■ Work order ■
In the entries that follow, find the word "tabled" and report each line it is on.

■ Data listing ■
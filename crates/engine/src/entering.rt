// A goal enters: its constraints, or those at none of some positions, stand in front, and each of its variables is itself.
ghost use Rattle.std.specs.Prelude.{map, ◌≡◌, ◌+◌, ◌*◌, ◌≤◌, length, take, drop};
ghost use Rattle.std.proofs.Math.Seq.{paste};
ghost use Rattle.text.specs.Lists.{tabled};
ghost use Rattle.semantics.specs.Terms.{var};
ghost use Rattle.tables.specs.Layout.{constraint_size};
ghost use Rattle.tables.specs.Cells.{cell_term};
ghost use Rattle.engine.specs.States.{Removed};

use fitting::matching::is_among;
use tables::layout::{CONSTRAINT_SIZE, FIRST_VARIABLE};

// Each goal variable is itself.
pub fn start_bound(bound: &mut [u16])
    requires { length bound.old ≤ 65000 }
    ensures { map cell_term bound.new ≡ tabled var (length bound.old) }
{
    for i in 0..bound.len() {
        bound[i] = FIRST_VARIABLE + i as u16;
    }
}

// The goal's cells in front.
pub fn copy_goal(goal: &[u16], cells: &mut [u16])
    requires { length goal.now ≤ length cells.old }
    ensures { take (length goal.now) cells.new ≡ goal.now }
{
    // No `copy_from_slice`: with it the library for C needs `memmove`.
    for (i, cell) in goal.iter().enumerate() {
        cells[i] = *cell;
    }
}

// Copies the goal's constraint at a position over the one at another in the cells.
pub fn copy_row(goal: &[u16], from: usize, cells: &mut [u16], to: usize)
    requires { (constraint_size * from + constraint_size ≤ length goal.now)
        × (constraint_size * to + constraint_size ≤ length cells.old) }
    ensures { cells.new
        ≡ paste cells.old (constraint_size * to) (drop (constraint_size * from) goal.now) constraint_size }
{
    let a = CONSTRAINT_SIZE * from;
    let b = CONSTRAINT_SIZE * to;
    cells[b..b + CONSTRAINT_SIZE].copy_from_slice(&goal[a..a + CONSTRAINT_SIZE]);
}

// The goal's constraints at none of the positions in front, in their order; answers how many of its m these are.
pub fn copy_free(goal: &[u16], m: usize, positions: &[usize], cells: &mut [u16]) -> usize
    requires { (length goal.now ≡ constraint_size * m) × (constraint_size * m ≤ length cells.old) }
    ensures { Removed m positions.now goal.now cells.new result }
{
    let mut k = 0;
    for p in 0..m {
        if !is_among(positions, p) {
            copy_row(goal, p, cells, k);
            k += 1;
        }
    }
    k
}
* * *
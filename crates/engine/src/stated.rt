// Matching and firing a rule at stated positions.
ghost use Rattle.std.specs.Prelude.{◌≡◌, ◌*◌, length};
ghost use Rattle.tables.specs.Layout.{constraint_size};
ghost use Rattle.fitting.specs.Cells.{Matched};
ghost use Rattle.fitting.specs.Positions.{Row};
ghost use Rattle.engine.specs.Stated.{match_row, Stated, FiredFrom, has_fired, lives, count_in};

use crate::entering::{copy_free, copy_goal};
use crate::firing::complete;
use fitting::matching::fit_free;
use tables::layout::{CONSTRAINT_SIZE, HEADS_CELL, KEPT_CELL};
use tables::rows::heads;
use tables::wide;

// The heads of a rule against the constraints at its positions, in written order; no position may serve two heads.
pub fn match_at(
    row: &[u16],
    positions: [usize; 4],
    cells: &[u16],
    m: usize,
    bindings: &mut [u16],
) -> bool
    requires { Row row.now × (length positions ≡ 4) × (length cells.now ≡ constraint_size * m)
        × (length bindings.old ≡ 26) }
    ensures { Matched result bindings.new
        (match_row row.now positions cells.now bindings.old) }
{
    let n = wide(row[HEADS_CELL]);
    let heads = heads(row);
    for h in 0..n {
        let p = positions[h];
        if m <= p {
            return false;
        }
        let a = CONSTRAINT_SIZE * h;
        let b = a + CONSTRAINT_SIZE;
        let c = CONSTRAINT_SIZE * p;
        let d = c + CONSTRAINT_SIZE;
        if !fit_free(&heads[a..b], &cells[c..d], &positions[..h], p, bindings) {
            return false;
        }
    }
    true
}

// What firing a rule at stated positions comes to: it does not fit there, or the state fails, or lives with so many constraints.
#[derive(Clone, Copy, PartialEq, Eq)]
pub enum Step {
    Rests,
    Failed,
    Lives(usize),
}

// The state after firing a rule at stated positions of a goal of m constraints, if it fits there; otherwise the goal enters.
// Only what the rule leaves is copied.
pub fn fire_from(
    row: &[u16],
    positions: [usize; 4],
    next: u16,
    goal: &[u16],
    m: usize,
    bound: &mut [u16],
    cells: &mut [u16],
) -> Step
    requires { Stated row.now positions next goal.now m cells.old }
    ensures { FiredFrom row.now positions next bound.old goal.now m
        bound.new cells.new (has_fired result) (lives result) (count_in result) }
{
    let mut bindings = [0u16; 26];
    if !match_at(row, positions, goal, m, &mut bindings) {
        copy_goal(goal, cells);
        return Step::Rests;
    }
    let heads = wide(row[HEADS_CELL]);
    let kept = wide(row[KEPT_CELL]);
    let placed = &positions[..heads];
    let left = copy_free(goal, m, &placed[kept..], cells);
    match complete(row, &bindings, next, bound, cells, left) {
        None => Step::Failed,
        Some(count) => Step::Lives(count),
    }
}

■ Completed exercise ■
ghost use Rattle.text.specs.Lists.{tabled};
    ensures { map cell_term bound.new ≡ tabled var (length bound.old) }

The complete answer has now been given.